Information supplied:
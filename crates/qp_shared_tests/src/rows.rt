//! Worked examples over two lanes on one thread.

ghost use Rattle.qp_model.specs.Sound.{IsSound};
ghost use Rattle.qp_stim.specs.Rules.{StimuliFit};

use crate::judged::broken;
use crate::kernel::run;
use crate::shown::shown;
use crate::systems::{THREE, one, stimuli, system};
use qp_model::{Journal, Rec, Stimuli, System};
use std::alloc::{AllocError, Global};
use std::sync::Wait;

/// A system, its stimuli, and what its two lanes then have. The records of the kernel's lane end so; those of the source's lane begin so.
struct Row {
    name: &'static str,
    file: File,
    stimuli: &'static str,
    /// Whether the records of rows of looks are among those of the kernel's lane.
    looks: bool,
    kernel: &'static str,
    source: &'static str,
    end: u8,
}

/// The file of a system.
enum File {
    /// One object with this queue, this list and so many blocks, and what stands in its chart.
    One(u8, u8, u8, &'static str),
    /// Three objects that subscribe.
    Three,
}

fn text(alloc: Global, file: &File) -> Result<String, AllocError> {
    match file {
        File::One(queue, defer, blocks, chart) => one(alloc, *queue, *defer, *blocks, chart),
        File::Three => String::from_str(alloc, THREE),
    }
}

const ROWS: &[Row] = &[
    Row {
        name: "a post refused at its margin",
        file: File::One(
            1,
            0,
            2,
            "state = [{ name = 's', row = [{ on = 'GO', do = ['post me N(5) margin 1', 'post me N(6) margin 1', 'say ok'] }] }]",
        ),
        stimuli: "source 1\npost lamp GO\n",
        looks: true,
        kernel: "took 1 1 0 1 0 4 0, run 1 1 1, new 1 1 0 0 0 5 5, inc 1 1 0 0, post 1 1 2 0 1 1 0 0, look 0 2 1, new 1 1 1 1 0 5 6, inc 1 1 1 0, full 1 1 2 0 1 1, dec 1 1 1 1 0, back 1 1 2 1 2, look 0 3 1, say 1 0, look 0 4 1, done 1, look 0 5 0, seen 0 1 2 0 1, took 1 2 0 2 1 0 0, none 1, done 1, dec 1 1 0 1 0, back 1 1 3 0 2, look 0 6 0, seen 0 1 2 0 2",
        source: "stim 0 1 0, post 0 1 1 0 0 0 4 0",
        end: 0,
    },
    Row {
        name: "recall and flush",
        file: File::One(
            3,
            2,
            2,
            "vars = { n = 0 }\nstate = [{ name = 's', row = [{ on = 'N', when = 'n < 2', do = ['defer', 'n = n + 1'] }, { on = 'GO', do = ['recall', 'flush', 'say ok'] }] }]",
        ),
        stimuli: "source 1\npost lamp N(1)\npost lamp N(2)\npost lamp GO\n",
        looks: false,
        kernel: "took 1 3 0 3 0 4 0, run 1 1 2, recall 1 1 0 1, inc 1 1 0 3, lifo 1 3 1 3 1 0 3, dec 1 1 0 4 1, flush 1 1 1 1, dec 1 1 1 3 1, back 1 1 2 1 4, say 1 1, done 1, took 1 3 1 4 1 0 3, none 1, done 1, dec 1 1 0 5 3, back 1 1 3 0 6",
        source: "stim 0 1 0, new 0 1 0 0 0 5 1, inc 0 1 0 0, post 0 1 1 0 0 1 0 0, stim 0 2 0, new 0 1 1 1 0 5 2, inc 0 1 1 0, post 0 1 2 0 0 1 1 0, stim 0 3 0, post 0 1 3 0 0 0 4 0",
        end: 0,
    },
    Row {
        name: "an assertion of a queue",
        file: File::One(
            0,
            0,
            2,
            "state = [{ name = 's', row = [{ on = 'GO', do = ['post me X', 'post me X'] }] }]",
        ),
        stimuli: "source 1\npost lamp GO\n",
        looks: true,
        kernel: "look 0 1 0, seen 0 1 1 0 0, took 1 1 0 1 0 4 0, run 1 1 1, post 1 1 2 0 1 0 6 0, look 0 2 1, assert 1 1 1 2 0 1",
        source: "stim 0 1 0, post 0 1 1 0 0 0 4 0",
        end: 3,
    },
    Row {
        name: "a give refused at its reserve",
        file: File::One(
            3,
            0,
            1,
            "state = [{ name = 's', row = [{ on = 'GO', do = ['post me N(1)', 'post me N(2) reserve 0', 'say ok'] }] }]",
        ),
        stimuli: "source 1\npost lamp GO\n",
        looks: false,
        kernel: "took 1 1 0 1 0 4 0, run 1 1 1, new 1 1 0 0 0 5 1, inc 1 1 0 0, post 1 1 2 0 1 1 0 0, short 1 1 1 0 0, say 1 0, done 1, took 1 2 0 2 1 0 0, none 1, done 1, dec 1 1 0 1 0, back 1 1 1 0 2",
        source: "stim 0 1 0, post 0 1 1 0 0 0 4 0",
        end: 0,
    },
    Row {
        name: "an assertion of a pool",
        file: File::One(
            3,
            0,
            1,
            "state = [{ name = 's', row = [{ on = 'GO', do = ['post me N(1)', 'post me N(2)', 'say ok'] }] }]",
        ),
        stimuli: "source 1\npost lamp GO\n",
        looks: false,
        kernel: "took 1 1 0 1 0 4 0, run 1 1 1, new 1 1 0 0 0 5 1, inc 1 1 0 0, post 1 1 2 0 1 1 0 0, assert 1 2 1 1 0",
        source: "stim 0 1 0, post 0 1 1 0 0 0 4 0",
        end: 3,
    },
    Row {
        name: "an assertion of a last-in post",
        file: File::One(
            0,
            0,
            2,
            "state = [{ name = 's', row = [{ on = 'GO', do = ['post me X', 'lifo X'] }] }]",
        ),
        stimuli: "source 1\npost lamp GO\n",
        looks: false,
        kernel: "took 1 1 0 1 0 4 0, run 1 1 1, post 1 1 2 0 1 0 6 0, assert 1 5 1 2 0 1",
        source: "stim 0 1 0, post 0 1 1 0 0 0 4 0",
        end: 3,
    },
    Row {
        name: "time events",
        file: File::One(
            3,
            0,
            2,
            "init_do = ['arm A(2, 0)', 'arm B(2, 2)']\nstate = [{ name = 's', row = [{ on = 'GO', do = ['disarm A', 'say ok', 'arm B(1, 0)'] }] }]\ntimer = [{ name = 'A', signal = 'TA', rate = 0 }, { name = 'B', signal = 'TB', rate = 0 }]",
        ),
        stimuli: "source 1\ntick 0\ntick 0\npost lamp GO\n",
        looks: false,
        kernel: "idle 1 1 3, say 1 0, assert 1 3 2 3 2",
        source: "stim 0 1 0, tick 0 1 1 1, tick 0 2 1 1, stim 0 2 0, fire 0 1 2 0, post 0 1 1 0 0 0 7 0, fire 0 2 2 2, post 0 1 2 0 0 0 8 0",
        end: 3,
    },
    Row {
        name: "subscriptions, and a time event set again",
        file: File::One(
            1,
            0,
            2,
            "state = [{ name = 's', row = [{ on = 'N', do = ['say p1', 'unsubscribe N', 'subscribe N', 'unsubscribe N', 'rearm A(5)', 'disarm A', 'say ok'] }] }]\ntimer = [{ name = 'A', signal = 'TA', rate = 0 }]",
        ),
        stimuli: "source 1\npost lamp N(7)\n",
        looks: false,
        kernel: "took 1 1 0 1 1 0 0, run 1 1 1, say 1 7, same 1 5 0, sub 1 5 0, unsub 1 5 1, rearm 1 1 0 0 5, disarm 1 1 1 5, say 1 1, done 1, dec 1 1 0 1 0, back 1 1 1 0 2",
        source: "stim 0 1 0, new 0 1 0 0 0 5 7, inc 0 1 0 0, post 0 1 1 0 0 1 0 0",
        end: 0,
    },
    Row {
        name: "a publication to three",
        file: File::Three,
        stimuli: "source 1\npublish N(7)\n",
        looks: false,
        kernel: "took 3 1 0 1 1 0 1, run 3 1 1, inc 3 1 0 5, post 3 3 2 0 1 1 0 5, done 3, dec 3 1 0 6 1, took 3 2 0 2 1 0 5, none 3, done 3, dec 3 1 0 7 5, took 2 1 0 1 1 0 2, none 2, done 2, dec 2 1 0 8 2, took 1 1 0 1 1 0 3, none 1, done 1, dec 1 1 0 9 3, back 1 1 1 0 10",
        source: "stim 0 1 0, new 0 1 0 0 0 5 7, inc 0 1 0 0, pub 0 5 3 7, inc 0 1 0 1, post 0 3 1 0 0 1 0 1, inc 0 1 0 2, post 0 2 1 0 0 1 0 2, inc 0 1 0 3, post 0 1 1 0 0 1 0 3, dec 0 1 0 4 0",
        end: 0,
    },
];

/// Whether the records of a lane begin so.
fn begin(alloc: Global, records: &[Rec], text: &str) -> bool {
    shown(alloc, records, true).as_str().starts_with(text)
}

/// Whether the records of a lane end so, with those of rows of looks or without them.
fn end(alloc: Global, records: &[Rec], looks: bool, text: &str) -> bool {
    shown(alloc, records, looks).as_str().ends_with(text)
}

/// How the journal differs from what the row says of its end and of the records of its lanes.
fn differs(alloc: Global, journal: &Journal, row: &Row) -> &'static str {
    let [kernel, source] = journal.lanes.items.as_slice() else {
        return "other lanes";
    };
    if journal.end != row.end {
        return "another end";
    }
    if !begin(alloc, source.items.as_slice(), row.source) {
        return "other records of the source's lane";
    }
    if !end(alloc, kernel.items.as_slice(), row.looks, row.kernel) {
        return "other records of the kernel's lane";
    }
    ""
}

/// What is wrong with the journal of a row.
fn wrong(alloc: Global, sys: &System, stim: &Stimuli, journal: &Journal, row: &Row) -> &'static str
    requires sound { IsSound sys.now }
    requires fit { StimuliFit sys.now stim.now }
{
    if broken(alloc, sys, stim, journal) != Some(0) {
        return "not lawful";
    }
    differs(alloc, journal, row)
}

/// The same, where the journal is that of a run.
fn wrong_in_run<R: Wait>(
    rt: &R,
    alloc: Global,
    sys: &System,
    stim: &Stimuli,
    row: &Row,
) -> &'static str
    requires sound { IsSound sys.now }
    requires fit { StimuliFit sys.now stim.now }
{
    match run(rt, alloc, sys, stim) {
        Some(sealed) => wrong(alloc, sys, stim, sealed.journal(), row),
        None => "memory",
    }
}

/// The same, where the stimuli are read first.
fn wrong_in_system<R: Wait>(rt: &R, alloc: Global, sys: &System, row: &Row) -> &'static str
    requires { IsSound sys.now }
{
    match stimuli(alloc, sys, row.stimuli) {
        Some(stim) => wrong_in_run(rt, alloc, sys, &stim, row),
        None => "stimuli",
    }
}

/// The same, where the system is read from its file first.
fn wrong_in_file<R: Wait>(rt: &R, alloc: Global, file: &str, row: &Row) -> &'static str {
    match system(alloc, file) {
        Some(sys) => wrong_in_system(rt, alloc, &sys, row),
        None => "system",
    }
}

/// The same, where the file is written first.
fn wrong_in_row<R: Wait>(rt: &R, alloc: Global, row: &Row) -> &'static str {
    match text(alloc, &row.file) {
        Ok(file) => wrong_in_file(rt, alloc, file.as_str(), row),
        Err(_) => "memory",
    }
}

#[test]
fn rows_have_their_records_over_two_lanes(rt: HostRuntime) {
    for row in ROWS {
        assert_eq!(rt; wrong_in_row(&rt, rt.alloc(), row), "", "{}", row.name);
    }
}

---

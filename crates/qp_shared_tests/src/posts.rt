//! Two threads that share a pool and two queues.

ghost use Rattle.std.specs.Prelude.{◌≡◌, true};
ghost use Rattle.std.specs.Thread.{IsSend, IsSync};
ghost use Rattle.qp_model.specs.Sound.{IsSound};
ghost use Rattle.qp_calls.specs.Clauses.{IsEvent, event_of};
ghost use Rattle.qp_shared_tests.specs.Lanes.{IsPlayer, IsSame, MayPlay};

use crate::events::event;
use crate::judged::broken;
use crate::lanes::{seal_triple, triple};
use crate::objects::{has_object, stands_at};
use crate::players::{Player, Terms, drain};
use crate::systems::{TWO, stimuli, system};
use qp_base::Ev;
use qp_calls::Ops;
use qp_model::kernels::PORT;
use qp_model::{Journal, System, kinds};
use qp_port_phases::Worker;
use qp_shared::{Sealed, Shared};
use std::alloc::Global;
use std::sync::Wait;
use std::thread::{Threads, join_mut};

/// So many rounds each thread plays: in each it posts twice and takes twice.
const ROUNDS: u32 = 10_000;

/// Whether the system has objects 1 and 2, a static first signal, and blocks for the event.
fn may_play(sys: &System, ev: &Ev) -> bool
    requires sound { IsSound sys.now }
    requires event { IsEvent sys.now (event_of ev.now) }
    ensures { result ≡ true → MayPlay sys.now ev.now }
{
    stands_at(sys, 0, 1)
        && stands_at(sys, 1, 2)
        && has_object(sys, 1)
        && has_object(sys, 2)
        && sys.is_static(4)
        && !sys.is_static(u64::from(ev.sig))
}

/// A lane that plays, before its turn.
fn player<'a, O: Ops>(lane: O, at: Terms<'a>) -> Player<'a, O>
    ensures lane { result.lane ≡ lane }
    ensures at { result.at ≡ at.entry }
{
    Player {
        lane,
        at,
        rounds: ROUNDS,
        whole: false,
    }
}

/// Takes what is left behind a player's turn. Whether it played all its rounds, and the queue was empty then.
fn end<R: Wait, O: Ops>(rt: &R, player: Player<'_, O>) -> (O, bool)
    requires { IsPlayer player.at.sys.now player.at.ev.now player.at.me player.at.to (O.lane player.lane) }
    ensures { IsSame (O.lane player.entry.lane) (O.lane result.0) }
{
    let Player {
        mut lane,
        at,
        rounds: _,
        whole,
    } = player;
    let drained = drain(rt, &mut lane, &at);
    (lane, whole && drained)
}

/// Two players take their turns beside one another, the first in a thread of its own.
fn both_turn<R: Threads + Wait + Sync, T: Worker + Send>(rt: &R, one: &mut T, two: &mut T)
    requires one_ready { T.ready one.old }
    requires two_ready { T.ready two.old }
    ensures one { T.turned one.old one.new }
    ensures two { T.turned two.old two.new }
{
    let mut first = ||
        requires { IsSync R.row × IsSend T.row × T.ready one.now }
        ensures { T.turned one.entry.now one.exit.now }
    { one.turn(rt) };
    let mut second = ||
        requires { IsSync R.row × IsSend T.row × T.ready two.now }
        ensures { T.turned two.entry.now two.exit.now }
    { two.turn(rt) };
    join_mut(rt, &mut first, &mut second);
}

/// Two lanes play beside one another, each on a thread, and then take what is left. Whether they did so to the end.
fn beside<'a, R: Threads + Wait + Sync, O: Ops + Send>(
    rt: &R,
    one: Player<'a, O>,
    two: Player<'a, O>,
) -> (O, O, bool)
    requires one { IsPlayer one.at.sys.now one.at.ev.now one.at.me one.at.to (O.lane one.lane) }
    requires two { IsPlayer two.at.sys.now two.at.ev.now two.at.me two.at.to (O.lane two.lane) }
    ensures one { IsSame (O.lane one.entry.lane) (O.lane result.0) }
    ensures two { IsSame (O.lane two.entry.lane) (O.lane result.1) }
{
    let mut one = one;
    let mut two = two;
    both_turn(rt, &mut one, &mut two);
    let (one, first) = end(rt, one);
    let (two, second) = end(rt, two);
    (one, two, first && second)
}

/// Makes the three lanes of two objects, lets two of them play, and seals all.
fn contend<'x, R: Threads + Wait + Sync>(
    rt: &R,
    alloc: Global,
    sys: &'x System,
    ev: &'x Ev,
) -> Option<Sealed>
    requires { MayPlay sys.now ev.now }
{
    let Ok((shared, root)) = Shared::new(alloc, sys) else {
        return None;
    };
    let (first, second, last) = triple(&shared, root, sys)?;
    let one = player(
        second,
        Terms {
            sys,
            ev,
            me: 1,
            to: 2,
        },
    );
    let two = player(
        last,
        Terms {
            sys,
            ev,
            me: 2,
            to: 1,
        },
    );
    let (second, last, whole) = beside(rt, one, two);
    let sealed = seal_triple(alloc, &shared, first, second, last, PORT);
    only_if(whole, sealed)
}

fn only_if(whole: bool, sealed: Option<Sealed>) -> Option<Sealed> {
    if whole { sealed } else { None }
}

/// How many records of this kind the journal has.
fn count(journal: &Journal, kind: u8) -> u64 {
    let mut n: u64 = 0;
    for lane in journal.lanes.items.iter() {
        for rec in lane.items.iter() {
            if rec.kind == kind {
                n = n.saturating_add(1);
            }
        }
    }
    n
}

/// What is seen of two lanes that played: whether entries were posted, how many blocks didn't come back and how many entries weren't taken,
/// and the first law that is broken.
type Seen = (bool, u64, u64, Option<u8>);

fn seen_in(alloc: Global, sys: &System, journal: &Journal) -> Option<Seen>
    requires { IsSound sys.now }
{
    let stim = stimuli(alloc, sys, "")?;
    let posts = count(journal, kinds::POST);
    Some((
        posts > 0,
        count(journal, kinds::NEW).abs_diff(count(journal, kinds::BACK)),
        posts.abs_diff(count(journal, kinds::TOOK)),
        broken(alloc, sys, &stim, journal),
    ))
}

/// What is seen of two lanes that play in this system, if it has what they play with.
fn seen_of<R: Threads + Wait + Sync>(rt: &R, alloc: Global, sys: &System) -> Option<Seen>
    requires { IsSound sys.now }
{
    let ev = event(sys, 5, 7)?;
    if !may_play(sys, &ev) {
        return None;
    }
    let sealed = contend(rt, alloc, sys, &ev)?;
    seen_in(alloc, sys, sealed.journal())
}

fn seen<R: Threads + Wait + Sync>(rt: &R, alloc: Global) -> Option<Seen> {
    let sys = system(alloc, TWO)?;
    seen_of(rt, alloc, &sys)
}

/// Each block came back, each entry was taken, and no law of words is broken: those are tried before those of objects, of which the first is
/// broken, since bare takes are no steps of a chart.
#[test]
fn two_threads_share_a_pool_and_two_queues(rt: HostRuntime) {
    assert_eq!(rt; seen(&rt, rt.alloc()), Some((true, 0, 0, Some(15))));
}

---

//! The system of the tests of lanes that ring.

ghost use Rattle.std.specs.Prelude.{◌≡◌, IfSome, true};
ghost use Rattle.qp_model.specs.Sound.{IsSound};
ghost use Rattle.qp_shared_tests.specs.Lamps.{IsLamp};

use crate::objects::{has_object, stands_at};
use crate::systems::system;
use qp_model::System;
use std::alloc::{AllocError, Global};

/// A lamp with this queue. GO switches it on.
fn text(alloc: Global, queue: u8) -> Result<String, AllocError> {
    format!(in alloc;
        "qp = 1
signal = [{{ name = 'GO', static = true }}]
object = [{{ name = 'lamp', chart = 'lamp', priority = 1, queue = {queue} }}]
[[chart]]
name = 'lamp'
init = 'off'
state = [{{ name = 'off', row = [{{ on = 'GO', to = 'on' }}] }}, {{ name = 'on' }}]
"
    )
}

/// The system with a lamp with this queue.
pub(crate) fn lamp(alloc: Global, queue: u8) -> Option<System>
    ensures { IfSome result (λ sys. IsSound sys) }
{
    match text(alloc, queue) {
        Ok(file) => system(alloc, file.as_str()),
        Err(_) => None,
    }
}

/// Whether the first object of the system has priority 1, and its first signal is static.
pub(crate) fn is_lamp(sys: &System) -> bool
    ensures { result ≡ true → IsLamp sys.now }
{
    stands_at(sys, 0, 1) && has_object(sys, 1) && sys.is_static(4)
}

Activity: Given the entries above, say how many lines include the word "they", and write nothing besides the number.

Solution: 2